** To do **
Find the word "LendsTwoTops" in the records and copy every line where it occurs.

** Data **
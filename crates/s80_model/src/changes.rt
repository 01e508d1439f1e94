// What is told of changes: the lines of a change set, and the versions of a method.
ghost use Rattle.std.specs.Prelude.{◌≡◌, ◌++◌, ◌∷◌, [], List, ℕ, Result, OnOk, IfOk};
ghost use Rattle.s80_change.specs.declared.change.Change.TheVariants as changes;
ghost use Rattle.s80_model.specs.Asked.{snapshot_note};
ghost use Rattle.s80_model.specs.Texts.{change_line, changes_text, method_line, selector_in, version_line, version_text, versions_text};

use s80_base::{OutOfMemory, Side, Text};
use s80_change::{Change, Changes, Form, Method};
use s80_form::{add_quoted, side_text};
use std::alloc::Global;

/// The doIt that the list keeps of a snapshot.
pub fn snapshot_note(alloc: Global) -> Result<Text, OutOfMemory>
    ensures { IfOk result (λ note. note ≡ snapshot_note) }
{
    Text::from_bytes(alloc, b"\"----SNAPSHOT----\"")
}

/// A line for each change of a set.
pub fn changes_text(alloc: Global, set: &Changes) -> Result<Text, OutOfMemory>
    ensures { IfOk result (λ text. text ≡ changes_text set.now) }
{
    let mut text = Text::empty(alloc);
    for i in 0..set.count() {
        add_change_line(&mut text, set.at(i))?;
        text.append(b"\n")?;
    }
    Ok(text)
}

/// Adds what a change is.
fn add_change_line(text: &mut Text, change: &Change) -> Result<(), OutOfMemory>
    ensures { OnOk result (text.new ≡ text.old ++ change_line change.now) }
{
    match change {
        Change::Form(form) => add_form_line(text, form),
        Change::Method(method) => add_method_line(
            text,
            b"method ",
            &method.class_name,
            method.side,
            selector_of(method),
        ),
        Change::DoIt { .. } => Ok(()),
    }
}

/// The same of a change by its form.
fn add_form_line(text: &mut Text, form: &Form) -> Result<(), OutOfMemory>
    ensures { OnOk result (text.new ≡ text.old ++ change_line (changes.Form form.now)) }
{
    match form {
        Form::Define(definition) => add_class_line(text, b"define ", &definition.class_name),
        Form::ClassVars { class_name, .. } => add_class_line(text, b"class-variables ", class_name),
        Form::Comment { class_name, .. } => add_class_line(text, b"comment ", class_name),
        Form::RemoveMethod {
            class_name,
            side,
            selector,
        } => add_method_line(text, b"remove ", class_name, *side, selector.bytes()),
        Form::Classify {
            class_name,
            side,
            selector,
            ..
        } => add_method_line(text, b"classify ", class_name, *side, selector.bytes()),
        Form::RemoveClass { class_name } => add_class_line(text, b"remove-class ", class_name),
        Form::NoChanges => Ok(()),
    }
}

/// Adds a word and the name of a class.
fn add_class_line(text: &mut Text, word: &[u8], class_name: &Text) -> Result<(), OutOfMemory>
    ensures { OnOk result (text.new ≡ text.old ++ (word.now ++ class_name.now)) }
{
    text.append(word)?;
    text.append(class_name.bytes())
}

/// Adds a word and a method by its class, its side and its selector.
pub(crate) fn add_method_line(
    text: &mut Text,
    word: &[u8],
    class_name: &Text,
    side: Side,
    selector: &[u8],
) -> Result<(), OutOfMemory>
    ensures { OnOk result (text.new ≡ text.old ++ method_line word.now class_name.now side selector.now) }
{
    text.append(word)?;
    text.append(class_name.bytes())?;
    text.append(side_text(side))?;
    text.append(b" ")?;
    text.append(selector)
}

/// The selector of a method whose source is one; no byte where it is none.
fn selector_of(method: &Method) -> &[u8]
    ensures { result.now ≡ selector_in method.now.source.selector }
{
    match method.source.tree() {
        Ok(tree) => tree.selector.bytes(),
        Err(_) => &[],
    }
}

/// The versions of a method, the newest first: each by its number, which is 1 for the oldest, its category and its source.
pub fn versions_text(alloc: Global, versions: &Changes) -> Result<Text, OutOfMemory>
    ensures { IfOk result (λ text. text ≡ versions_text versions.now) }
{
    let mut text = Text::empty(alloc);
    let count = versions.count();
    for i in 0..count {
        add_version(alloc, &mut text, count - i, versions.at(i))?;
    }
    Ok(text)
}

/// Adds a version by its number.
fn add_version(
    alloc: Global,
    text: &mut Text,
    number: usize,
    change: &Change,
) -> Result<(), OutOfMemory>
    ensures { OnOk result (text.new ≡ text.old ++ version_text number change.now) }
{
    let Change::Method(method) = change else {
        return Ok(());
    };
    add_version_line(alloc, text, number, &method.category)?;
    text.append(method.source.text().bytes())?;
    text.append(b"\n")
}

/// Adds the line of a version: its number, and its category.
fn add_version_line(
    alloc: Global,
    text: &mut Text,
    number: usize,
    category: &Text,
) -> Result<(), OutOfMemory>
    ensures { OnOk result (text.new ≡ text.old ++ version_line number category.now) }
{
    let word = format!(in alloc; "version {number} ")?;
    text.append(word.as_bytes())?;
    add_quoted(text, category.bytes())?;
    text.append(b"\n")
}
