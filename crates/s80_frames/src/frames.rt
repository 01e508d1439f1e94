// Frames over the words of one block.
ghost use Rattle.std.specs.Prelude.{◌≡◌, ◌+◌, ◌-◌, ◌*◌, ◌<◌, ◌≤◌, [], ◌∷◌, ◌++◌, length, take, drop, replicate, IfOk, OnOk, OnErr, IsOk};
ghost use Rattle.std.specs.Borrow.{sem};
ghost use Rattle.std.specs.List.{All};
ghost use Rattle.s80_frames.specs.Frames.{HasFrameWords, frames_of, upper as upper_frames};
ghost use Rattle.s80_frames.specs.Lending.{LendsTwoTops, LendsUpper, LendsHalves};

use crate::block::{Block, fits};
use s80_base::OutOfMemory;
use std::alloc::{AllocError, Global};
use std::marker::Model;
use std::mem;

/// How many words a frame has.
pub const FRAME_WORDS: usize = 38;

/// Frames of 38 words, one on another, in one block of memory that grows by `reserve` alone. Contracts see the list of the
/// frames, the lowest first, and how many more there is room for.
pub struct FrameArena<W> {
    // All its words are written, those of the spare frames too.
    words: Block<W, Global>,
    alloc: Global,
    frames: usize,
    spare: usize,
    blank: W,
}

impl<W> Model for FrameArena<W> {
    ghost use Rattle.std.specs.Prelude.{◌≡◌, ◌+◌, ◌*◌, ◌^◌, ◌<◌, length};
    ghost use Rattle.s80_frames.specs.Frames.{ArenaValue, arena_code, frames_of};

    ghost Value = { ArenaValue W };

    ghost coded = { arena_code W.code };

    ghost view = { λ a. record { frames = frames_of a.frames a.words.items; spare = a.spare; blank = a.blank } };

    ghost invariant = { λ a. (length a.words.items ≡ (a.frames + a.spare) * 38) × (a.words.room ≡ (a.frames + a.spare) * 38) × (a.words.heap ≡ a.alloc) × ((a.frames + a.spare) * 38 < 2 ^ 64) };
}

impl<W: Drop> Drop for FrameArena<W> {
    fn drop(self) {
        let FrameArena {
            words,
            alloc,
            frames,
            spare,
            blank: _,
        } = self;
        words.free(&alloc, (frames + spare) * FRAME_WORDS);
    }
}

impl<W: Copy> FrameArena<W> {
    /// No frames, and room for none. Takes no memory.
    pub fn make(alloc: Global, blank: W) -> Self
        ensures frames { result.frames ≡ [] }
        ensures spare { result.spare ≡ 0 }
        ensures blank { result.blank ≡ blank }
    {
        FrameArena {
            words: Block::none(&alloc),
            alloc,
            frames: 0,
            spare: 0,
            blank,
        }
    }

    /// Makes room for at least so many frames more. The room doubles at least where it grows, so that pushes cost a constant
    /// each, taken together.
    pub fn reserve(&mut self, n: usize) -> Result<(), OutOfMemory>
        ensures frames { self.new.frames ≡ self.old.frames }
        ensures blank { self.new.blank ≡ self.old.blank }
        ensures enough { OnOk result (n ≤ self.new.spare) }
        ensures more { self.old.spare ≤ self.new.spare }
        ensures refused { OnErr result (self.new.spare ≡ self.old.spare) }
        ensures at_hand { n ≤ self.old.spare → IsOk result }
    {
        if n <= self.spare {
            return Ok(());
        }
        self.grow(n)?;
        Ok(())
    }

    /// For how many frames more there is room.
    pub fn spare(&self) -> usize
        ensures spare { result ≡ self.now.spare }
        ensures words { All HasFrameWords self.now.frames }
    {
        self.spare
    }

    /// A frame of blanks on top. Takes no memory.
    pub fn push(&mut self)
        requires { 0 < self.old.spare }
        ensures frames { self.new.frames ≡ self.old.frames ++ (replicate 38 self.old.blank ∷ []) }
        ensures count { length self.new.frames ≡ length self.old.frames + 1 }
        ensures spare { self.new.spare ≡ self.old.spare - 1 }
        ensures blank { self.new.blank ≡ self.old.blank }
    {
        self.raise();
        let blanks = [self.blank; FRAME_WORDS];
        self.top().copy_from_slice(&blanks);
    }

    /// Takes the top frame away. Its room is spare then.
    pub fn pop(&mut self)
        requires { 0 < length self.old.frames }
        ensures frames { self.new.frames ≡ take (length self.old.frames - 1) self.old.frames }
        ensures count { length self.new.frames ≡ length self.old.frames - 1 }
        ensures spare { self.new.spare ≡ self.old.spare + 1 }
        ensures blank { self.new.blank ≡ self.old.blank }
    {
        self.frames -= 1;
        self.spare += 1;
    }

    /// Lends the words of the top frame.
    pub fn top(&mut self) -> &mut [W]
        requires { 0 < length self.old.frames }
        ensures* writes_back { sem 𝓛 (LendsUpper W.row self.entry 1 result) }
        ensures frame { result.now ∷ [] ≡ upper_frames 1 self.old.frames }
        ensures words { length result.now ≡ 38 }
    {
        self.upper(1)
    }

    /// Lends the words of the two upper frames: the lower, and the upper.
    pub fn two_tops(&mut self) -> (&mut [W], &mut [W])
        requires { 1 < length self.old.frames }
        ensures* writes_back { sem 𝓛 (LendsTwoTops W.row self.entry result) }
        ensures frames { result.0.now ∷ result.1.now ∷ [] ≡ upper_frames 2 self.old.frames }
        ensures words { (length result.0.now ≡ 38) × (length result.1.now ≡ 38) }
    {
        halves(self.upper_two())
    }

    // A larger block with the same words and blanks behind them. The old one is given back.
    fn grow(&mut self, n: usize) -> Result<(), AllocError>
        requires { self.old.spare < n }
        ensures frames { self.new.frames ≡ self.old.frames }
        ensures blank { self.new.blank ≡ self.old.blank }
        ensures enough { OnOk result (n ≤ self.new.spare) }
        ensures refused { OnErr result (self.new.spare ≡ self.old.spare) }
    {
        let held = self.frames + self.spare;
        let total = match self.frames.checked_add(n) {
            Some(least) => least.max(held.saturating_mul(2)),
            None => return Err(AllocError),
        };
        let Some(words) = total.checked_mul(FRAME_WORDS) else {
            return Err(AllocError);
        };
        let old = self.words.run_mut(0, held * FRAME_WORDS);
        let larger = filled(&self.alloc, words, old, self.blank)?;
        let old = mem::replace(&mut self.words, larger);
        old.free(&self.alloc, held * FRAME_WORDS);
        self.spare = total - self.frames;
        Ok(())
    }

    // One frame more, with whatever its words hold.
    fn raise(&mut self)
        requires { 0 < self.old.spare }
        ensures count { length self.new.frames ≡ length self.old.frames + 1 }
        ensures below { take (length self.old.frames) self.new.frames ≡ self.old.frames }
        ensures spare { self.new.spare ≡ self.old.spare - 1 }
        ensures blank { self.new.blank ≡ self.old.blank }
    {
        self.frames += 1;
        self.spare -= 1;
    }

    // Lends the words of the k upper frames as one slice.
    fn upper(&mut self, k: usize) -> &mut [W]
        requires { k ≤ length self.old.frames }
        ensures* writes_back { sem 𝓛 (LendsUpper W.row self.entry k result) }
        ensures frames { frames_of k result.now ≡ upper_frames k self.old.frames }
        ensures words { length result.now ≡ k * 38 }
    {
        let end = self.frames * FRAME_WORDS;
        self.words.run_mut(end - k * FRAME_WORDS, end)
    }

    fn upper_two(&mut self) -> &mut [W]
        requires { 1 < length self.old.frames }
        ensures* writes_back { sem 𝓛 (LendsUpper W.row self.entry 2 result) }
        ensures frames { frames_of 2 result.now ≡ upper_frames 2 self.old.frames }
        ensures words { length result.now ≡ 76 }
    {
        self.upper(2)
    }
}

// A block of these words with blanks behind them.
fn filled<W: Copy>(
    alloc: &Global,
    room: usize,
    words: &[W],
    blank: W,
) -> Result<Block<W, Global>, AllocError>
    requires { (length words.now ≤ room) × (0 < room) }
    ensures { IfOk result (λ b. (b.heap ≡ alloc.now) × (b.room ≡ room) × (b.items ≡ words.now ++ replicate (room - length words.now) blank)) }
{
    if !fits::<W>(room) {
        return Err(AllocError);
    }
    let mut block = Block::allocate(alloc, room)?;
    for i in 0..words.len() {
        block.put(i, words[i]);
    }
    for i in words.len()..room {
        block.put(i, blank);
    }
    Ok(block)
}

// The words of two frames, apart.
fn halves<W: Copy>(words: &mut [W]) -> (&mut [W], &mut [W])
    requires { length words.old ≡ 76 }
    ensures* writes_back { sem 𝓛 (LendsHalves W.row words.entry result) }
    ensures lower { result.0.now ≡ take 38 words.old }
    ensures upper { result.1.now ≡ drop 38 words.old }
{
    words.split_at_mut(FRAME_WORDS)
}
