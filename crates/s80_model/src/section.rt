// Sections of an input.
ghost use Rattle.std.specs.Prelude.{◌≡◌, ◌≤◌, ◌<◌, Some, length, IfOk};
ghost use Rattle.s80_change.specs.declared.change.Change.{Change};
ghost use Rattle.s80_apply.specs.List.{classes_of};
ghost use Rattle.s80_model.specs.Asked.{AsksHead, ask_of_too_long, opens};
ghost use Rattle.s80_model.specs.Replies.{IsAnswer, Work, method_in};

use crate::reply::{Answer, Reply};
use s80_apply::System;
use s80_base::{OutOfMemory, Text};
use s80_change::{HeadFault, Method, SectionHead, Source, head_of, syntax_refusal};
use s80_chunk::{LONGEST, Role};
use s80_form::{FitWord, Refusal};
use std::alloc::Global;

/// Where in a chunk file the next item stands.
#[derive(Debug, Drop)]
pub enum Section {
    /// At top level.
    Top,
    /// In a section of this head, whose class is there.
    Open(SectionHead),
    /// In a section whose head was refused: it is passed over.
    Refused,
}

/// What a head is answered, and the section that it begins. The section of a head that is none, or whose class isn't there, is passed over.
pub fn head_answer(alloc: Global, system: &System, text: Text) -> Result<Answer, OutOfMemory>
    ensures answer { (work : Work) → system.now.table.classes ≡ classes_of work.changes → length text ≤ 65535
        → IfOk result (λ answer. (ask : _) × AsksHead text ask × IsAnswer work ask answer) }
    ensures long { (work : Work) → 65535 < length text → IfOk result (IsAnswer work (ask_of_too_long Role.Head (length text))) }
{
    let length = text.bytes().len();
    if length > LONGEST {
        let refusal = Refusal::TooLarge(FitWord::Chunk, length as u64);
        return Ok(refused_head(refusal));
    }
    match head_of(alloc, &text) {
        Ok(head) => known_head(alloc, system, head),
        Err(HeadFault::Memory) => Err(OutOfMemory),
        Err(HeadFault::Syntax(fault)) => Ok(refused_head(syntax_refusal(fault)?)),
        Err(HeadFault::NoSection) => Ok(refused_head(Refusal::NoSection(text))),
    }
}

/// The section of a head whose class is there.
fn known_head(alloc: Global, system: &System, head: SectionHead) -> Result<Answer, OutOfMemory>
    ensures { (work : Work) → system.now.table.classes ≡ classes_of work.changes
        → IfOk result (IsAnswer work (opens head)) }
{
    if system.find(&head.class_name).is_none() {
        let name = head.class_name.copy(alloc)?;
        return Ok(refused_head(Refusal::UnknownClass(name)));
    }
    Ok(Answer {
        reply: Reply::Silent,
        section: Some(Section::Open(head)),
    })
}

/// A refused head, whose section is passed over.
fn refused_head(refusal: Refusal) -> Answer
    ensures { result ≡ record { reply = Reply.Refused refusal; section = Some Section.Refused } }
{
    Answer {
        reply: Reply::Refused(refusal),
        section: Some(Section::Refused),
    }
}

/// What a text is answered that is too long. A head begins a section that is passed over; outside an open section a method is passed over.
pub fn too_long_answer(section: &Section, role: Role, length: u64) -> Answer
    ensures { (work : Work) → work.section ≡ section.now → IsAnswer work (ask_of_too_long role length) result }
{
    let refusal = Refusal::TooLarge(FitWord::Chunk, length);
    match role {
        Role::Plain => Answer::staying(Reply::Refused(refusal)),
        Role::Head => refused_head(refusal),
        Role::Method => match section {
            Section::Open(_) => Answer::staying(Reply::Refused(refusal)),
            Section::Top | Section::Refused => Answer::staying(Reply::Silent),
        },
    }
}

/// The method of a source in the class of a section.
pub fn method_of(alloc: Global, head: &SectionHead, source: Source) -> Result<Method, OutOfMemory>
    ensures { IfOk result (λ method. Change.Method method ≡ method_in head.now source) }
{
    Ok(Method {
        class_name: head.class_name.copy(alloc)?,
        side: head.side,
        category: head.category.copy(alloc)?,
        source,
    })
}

** Response to this task **
ghost use Rattle.s80_frames.specs.Lending.{LendsTwoTops, LendsUpper, LendsHalves};
        ensures* writes_back { sem 𝓛 (LendsTwoTops W.row self.entry result) }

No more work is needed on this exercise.